--- START ---

//! What is asked of files before a set is opened over them: few enough names, a journal that is no
//! damage, files within the limit.
//!
//! The faults come in the order of `OpenFault`. Only the journal is written, and what its record
//! names.
ghost use Rattle.std.specs.Prelude.{◌≡◌, ◌++◌, ◌∷◌, [], Err, IfOk, IfErr, IsErrOf, OnOk};
ghost use Rattle.std.specs.List.{All};
ghost use Rattle.org_disk.specs.CountsFailures.{CountsFailures, Looks};
ghost use Rattle.org_disk.specs.Names.{journal_name, IsOrgFile};
ghost use Rattle.org_journal.specs.Recovered.{recovered, contents};
ghost use Rattle.org_fileset.specs.Names.{with_archives, AreSorted, AreFew};
ghost use Rattle.org_fileset.specs.Opening.{AreAllNames, AreSetNames, HaveSizes, IsAnswer, fault_of};
ghost use Rattle.org_fileset.specs.Lengths.{AreLengths};
ghost use Rattle.org_fileset.specs.Recovery.{Reopens};
ghost use Rattle.org_fileset.specs.declared.open.OpenFault.TheVariants.{OutOfMemory, Device};

use crate::names::{in_order, with_archives};
use crate::recover::recover;
use crate::set::LIMIT;
use org_disk::{Disk, DiskFault, FileName};
use org_journal::FindFault;
use std::alloc::{AllocError, Global};
use thiserror::Error;

/// How many different names may be given; those of their archive files come on top.
pub const MOST_NAMES: usize = 256;

/// Why a set of files wasn't opened. It prints as the program's line on standard error has it.
#[derive(Debug, Drop, Error)]
pub enum OpenFault {
    /// More than 256 different names were given. The disk wasn't called.
    #[error("TooManyFiles")]
    TooManyFiles,
    /// The journal's gate is open, and what stands after it is no record, or one that doesn't fit
    /// its files. No content was changed.
    #[error("BadJournal")]
    BadJournal,
    /// The journal's gate is open, and the file of this name, which its record names, was put there
    /// or changed since. No content was changed.
    #[error("Changed {0}")]
    Changed(FileName),
    /// .. or leads out of the folder. No content was changed.
    #[error("Outside {0}")]
    Outside(FileName),
    /// The file of this name has more than 67,108,864 bytes: the first such file, in byte order of
    /// the names. What a crash had cut short was finished.
    #[error("TooLarge {0}")]
    TooLarge(FileName),
    /// A call of the disk failed.
    #[error("Device")]
    Device,
    /// Memory ran out.
    #[error("OutOfMemory")]
    OutOfMemory,
}

/// A set of files that wasn't opened: its disk, and why.
#[derive(Drop)]
pub struct OpenRefused<D> {
    /// The disk as the call left it.
    pub disk: D,
    /// Why the set wasn't opened.
    pub fault: OpenFault,
}

impl From<AllocError> for OpenFault {
    ghost from_gives = { λ _ e. e ≡ OutOfMemory };

    fn from(_: AllocError) -> OpenFault {
        OpenFault::OutOfMemory
    }
}

impl From<DiskFault> for OpenFault {
    ghost from_gives = { λ _ e. e ≡ Device };

    fn from(_: DiskFault) -> OpenFault {
        OpenFault::Device
    }
}

impl From<FindFault> for OpenFault {
    ghost from_gives = { λ found e. e ≡ fault_of found };

    fn from(found: FindFault) -> OpenFault {
        match found {
            FindFault::BadJournal => OpenFault::BadJournal,
            FindFault::Device => OpenFault::Device,
            FindFault::OutOfMemory => OpenFault::OutOfMemory,
        }
    }
}

/// The names of a set's files in byte order: the given ones and those of their archive files.
///
/// # Errors
///
/// - `TooManyFiles`: more than 256 different names were given.
/// - `OutOfMemory`.
pub fn all_names(alloc: Global, given: Vec<FileName>) -> Result<Vec<FileName>, OpenFault>
    requires { All IsOrgFile given.items }
    ensures { AreAllNames given.items result }
{
    let given = in_order(given);
    if given.len() > MOST_NAMES {
        return Err(OpenFault::TooManyFiles);
    }
    let names = with_archives(alloc, &given)?;
    Ok(in_order(names))
}

/// The journal's name, and the names of a set's files.
///
/// # Errors
///
/// Those of `all_names`.
pub fn journal_and_names(
    alloc: Global,
    given: Vec<FileName>,
) -> Result<(FileName, Vec<FileName>), OpenFault>
    requires { All IsOrgFile given.items }
    ensures journal { IfOk result (λ made. made.0 ≡ journal_name) }
    ensures names { IfOk result (λ made. AreFew given.items
        × AreSorted (with_archives given.items) made.1.items × AreSetNames made.1.items) }
    ensures refused { IfErr result (λ fault. AreAllNames given.items (Err fault)) }
{
    let names = all_names(alloc, given)?;
    Ok((FileName::journal_name(alloc)?, names))
}

// Puts a length at the end.
fn push_length(lengths: &mut Vec<u64>, length: u64) -> Result<(), AllocError>
    ensures { OnOk result (lengths.new.items ≡ lengths.old.items ++ length ∷ []) }
{
    lengths.push(length)?;
    Ok(())
}

/// Asks for the length of each of these files, and puts them after one another.
///
/// # Errors
///
/// - `TooLarge`: the first of the files that is past the limit.
/// - `Device`, `OutOfMemory`.
pub fn check_sizes<D: Disk>(
    disk: &mut D,
    names: &[FileName],
    lengths: &mut Vec<u64>,
) -> Result<(), OpenFault>
    requires { lengths.old.items ≡ [] }
    ensures lengths { OnOk result (D.honest disk.new
        → AreLengths names.now lengths.new.items (contents (D.files disk.old))) }
    ensures sizes { D.honest disk.new → HaveSizes (contents (D.files disk.old)) names.now result }
    ensures not_too_many { IsErrOf result OpenFault.TooManyFiles → ⊥ }
    ensures not_bad { IsErrOf result OpenFault.BadJournal → ⊥ }
    ensures looks { Looks D.Disk disk.old disk.new }
    ensures accounts { CountsFailures D.Disk disk.old disk.new (IsErrOf result OpenFault.Device) }
{
    for name in names {
        let length = disk.length(name)?;
        if length > LIMIT as u64 {
            return Err(OpenFault::TooLarge(name.clone()?));
        }
        push_length(lengths, length)?;
    }
    Ok(())
}

/// Finishes what a crash cut short, and then asks for the length of each of these files, and puts
/// them after one another.
///
/// # Errors
///
/// Those of `recover`, then those of `check_sizes`.
pub fn make_ready<D: Disk>(
    alloc: Global,
    disk: &mut D,
    journal: &FileName,
    names: &[FileName],
    lengths: &mut Vec<u64>,
) -> Result<(), OpenFault>
    requires journal { journal.now ≡ journal_name }
    requires none { lengths.old.items ≡ [] }
    ensures lengths { OnOk result (D.honest disk.new
        → AreLengths names.now lengths.new.items (contents (D.files disk.new))) }
    ensures reopens { Reopens D.Disk disk.old disk.new result }
    ensures answer { D.honest disk.new → IsAnswer (contents (D.files disk.old))
        (contents (D.files disk.new)) names.now result }
    ensures not_too_many { IsErrOf result OpenFault.TooManyFiles → ⊥ }
    ensures accounts { CountsFailures D.Disk disk.old disk.new (IsErrOf result OpenFault.Device) }
{
    recover(alloc, disk, journal)?;
    check_sizes(disk, names, lengths)
}
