//! The record of a set of changed files: one entry each, in the order of the set.
//!
//! The patches are those of the edited texts. No disk is called.
ghost use Rattle.std.specs.Prelude.{◌≡◌, ◌≤◌, ◌-◌, ◌==◌, if◌then◌else◌, [], length, take, drop, slice_range, OnOk, IfOk, IsSomeAnd};
ghost use Rattle.std.specs.List.{IsDistinct};
ghost use Rattle.std.specs.Map.{keys_of};
ghost use Rattle.std.specs.Str.{bytes_eq};
ghost use Rattle.org_splice.specs.Patches.{AreWellFormed, last_end};
ghost use Rattle.org_splice.specs.Texts.{pairs_of};
ghost use Rattle.org_journal.specs.Record.{most_context};
ghost use Rattle.org_journal.specs.Left.{first_from};
ghost use Rattle.org_fileset.specs.Entries.{IsEntryOf, AreEntriesOf, SaySizes, before_of};
ghost use Rattle.org_fileset.specs.Lengths.{length_of};

use crate::lengths::length_of;
use org_disk::FileName;
use org_journal::{Before, Entry, MOST_CONTEXT, Patches};
use org_splice::{Bytes, Changes, Editing, Patch};
use std::alloc::{AllocError, Global};

// The most bytes of a context.
const CONTEXT: usize = MOST_CONTEXT as usize;

// The bytes of a text before this place, as many as a context has.
fn before(text: &[u8], place: usize) -> &[u8]
    requires { place ≤ length text.now }
    ensures { result.now ≡ slice_range text.now (place - most_context) place }
{
    &text[place.saturating_sub(CONTEXT)..place]
}

// .. and after it.
fn after(text: &[u8], place: usize) -> &[u8]
    requires { place ≤ length text.now }
    ensures { result.now ≡ take most_context (drop place text.now) }
{
    let rest = &text[place..];
    &rest[..rest.len().min(CONTEXT)]
}

// The bytes before the first patch. The file has them too, since they weren't changed.
fn leading<'a>(text: &'a [u8], patches: &[Patch]) -> &'a [u8]
    requires { AreWellFormed (pairs_of patches.now) (length text.now) }
    ensures { result.now
        ≡ slice_range text.now (first_from (pairs_of patches.now) - most_context)
        (first_from (pairs_of patches.now)) }
{
    before(text, patches[0].from as usize)
}

// The bytes after the last patch; none if the file had another length.
fn trailing<'a>(size: u64, text: &'a [u8], patches: &[Patch]) -> &'a [u8]
    requires { AreWellFormed (pairs_of patches.now) (length text.now) }
    ensures { result.now ≡ (if size == length text.now
        then take most_context (drop (last_end 0 (pairs_of patches.now)) text.now) else []) }
{
    if size != text.len() as u64 {
        return &[];
    }
    let last = &patches[patches.len() - 1];
    after(text, last.from as usize + last.bytes.len())
}

// What a file of so many bytes was before its text was changed by these patches.
fn before_of(alloc: Global, size: u64, text: &[u8], patches: &[Patch]) -> Result<Before, AllocError>
    requires { AreWellFormed (pairs_of patches.now) (length text.now) }
    ensures { IfOk result (λ before. before ≡ before_of size (pairs_of patches.now) text.now) }
{
    let leading = Vec::from_slice(alloc, leading(text, patches))?;
    let trailing = Vec::from_slice(alloc, trailing(size, text, patches))?;
    Ok(Before {
        length: size,
        leading: Bytes::new(leading),
        trailing: Bytes::new(trailing),
    })
}

// The entry of a changed file that had so many bytes.
fn entry_of(alloc: Global, name: &FileName, text: &Editing, size: u64) -> Result<Entry, AllocError>
    ensures entry { IfOk result (λ entry. IsEntryOf (name.now, text.now.text) entry) }
    ensures size { IfOk result
        (λ entry. IsSomeAnd entry.before (λ before. before.length ≡ size)) }
{
    let name = name.clone()?;
    let bytes = text.bytes();
    let length = bytes.len() as u64;
    let patches = text.patches()?;
    let before = before_of(alloc, size, bytes, &patches)?;
    let patches = Patches::new(patches);
    Ok(Entry {
        name,
        length,
        before: Some(before),
        patches,
    })
}

/// The entries of all changed files, in the order of the set. The files of these names have these
/// lengths.
///
/// # Errors
///
/// `AllocError`.
pub fn entries_of<C: Changes<FileName>>(
    alloc: Global,
    changes: &C,
    names: &[FileName],
    lengths: &[u64],
) -> Result<Vec<Entry>, AllocError>
    ensures entries { IfOk result (λ entries. AreEntriesOf (C.pairs changes.now) entries.items) }
    ensures sizes { IfOk result
        (λ entries. SaySizes (length_of names.now lengths.now) entries.items) }
    ensures distinct { OnOk result (IsDistinct bytes_eq (keys_of (C.pairs changes.now))) }
{
    let mut entries = Vec::new(alloc);
    for index in 0..changes.len() {
        let (name, text) = changes.pair(index);
        let size = length_of(names, lengths, name);
        entries.push(entry_of(alloc, name, text, size)?)?;
    }
    Ok(entries)
}
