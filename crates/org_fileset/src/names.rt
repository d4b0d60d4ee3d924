//! The names of a set's files: the given ones and those of their archive files, in byte order.
//!
//! A repeated name counts once.
ghost use Rattle.std.specs.Prelude.{◌≡◌, ◌≤◌, length, IfOk};
ghost use Rattle.std.specs.List.{All};
ghost use Rattle.org_disk.specs.Names.{IsOrgFile};
ghost use Rattle.org_fileset.specs.Names.{with_archives, AreSorted};

use org_disk::FileName;
use std::alloc::{AllocError, Global};

/// The names in byte order, each once. Takes no memory.
pub fn in_order(names: Vec<FileName>) -> Vec<FileName>
    ensures sorted { AreSorted names.items result.items }
    ensures shorter { length result.items ≤ length names.items }
{
    let mut names = names;
    names.sort_unstable();
    names.dedup();
    names
}

/// These names, none of which is an archive file's or the journal's, and those of their archive
/// files.
///
/// # Errors
///
/// `AllocError`.
pub fn with_archives(alloc: Global, given: &[FileName]) -> Result<Vec<FileName>, AllocError>
    requires { All IsOrgFile given.now }
    ensures { IfOk result (λ names. names.items ≡ with_archives given.now) }
{
    let mut names = Vec::new(alloc);
    for name in given {
        names.push(name.clone()?)?;
        names.push(name.archive()?)?;
    }
    Ok(names)
}
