//! The files of a store as one: read one by one, changed all or none.
//!
//! Between two calls the journal's gate is closed, but after a failure of the disk: from then on
//! the set is broken, and makes no call. It holds no text; what files held is the caller's to keep.
ghost use Rattle.std.specs.Prelude.{◌≡◌, [], true, false, IsFalse, IfOk, IsErr, IsErrOf, IsOk};
ghost use Rattle.std.specs.List.{All};
ghost use Rattle.org_disk.specs.CountsFailures.{CountsFailures, Looks};
ghost use Rattle.org_disk.specs.Names.{IsOrgFile, journal_name};
ghost use Rattle.org_fileset.specs.Opening.{Opens};
ghost use Rattle.org_fileset.specs.Set.{CanCommit, CommitsSet, ReadsBytes, IsOpenedSet, KeepsSet, disk_of};

use crate::commit::commit_entries;
use crate::entries::entries_of;
use crate::fault::SetFault;
use crate::lengths::{note_length, note_lengths};
use crate::open::{OpenFault, OpenRefused, journal_and_names, make_ready};
use org_disk::{Disk, FileName};
use org_journal::{GREATEST_LENGTH, Record};
use org_splice::Changes;
use std::alloc::Global;
use std::marker::Model;

/// The most bytes of a file.
pub const LIMIT: usize = GREATEST_LENGTH as usize;

/// Files of a disk that are read one by one, and changed as one.
#[derive(Drop)]
pub struct FileSet<D: Disk> {
    disk: D,
    journal: FileName,
    names: Vec<FileName>,
    // how long the file of each name is
    lengths: Vec<u64>,
    broken: bool,
}

impl<D: Disk> Model for FileSet<D> {
    ghost use Rattle.org_fileset.specs.Set.{Opened, IsSound};

    ghost Value = { Opened D };

    ghost view = { λ s. record { disk = s.disk; names = s.names.items; broken = s.broken } };

    ghost invariant = { λ s. IsSound s.journal s.names.items s.lengths.items s.broken
        (D.honest s.disk) (D.files s.disk) };
}

impl<D: Disk> FileSet<D> {
    /// A set of the files of the given names and of their archive files. No name is an archive
    /// file's or the journal's; a repeated one counts once. What a crash cut short is finished
    /// first; after Ok a whole journal whose gate was closed is as it was. No file is written but
    /// the journal and those that the record of an open one names.
    ///
    /// On a disk that is recoverable, of which each image recovers to files, every image at every
    /// moment since the call began recovers to what an image at the start recovered to, whatever is
    /// answered; so it may be stopped, and called again. Where the journal is bad, as it reads, or
    /// is whole and its gate is closed, a crash leaves what it might have left before, whatever is
    /// answered.
    ///
    /// # Errors
    ///
    /// The disk is handed back with one of these, in this order; the last two as they are met.
    ///
    /// - `TooManyFiles`: more than 256 different names. No call of the disk was made.
    /// - `BadJournal`: the journal's gate is open over no whole record that fits its files.
    /// - `TooLarge`: the first file in byte order of the names that is past the limit.
    /// - `Device`, `OutOfMemory`.
    pub fn open(alloc: Global, disk: D, names: Vec<FileName>) -> Result<FileSet<D>, OpenRefused<D>>
        requires { All IsOrgFile names.items }
        ensures opened { IfOk result (λ set. IsOpenedSet D.Disk names.items set) }
        ensures opens { Opens D.Disk names.items disk (disk_of result) result }
    {
        let mut disk = disk;
        let (journal, names) = match journal_and_names(alloc, names) {
            Ok(made) => made,
            Err(fault) => return Err(OpenRefused { disk, fault }),
        };
        let mut lengths = Vec::new(alloc);
        match make_ready(alloc, &mut disk, &journal, &names, &mut lengths) {
            Ok(()) => Ok(FileSet {
                disk,
                journal,
                names,
                lengths,
                broken: false,
            }),
            Err(fault) => Err(OpenRefused { disk, fault }),
        }
    }

    /// The names of its files, in byte order: those that it was opened with and those of their
    /// archive files.
    pub fn names(&self) -> &[FileName]
        ensures { result.now ≡ self.now.names }
    {
        &self.names
    }

    /// Whether a call of the disk has failed since the set was opened.
    pub fn is_broken(&self) -> bool
        ensures { result ≡ self.now.broken }
    {
        self.broken
    }

    /// Gives the disk back as it is.
    pub fn into_disk(self) -> D
        ensures { result ≡ self.disk }
    {
        self.disk
    }

    /// The bytes of a file, one of the set's or not.
    ///
    /// # Errors
    ///
    /// - `Broken`: a call of the disk has failed before. No call is made.
    /// - `Device`: a call of the disk failed; the set is broken from then on.
    /// - `OutOfMemory`: the file can be read again.
    pub fn read(&mut self, name: &FileName) -> Result<Vec<u8>, SetFault>
        ensures text { ReadsBytes D.Disk self.old.disk name.now self.new.disk result }
        ensures looks { Looks D.Disk self.old.disk self.new.disk }
        ensures set { KeepsSet self.old self.new result }
        ensures accounts { CountsFailures D.Disk self.old.disk self.new.disk
            (IsErrOf result SetFault.Device) }
    {
        if self.broken {
            return Err(SetFault::Broken);
        }
        let alloc = *self.names.allocator();
        match read_file(alloc, &mut self.disk, name) {
            Ok(bytes) => {
                note_length(&self.names, &mut self.lengths, name, bytes.len() as u64);
                Ok(bytes)
            }
            Err(SetFault::OutOfMemory) => Err(SetFault::OutOfMemory),
            Err(_) => {
                self.broken = true;
                Err(SetFault::Device)
            }
        }
    }

    /// Gives all of the changed files their texts at once. The texts are edits of what the files
    /// hold, and within `LIMIT`; the names are the set's. What is asked and said of what files hold
    /// is so of an honest disk alone.
    ///
    /// Before anything is written, the journal and the changed files are tried by writes of no
    /// bytes. Where one of these fails, each file is as it was, and the gate stays closed. Before
    /// the gate is closed again the files are read back, and after that they are tried: where another
    /// program wrote or replaced one in the same moment, the commit isn't reported as done.
    ///
    /// Where all is on the disk when the call begins, then at every moment since what a crash
    /// leaves recovers to all files as they were, or to all files with the changed texts, and no file
    /// of it is found to be changed by its bytes; after Ok all is on the disk again. No file is
    /// written but the changed ones and the journal, after whose gate the record of the changes
    /// stays. Where nothing was changed, no call of the disk is made.
    ///
    /// # Errors
    ///
    /// - `Broken`: a call of the disk has failed before. No call is made.
    /// - `OutOfMemory`: before the first call of the disk. Nothing was changed.
    /// - `Device`: a call of the disk failed. The set is broken from then on, and the disk, where
    ///   it was at rest before, can be opened anew.
    pub fn commit<C: Changes<FileName>>(&mut self, changes: &C) -> Result<(), SetFault>
        requires { CanCommit D.Disk self.old (C.pairs changes.now) }
        ensures commits { CommitsSet D.Disk self.old (C.pairs changes.now) result self.new }
        ensures nothing { C.pairs changes.now ≡ []
            → (self.new ≡ self.old) × (IsFalse self.old.broken → IsOk result) }
    {
        if self.broken {
            return Err(SetFault::Broken);
        }
        if changes.len() == 0 {
            return Ok(());
        }
        let alloc = *self.names.allocator();
        let entries = entries_of(alloc, changes, &self.names, &self.lengths)?;
        let record = Record::new(entries);
        let body = record.encode(alloc)?;
        match commit_entries(
            &mut self.disk,
            &self.journal,
            record.as_slice(),
            &body,
            changes,
        ) {
            Ok(()) => {
                note_lengths(&self.names, &mut self.lengths, record.as_slice());
                Ok(())
            }
            Err(_) => {
                self.broken = true;
                Err(SetFault::Device)
            }
        }
    }
}

// The bytes of a file of a disk.
pub(crate) fn read_file<D: Disk>(
    alloc: Global,
    disk: &mut D,
    name: &FileName,
) -> Result<Vec<u8>, SetFault>
    ensures text { ReadsBytes D.Disk disk.old name.now disk.new result }
    ensures looks { Looks D.Disk disk.old disk.new }
    ensures not_broken { IsErrOf result SetFault.Broken → ⊥ }
    ensures accounts { CountsFailures D.Disk disk.old disk.new (IsErrOf result SetFault.Device) }
{
    let length = disk.length(name)?;
    let mut bytes = vec![in alloc; 0u8; length as usize]?;
    disk.read_at(name, 0, &mut bytes)?;
    Ok(bytes)
}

--- END ---

● **REQUIRED WORK**
For every line above in which the string "again" appears, add one; please give the final count and nothing else.

● **FINAL ANSWER**
4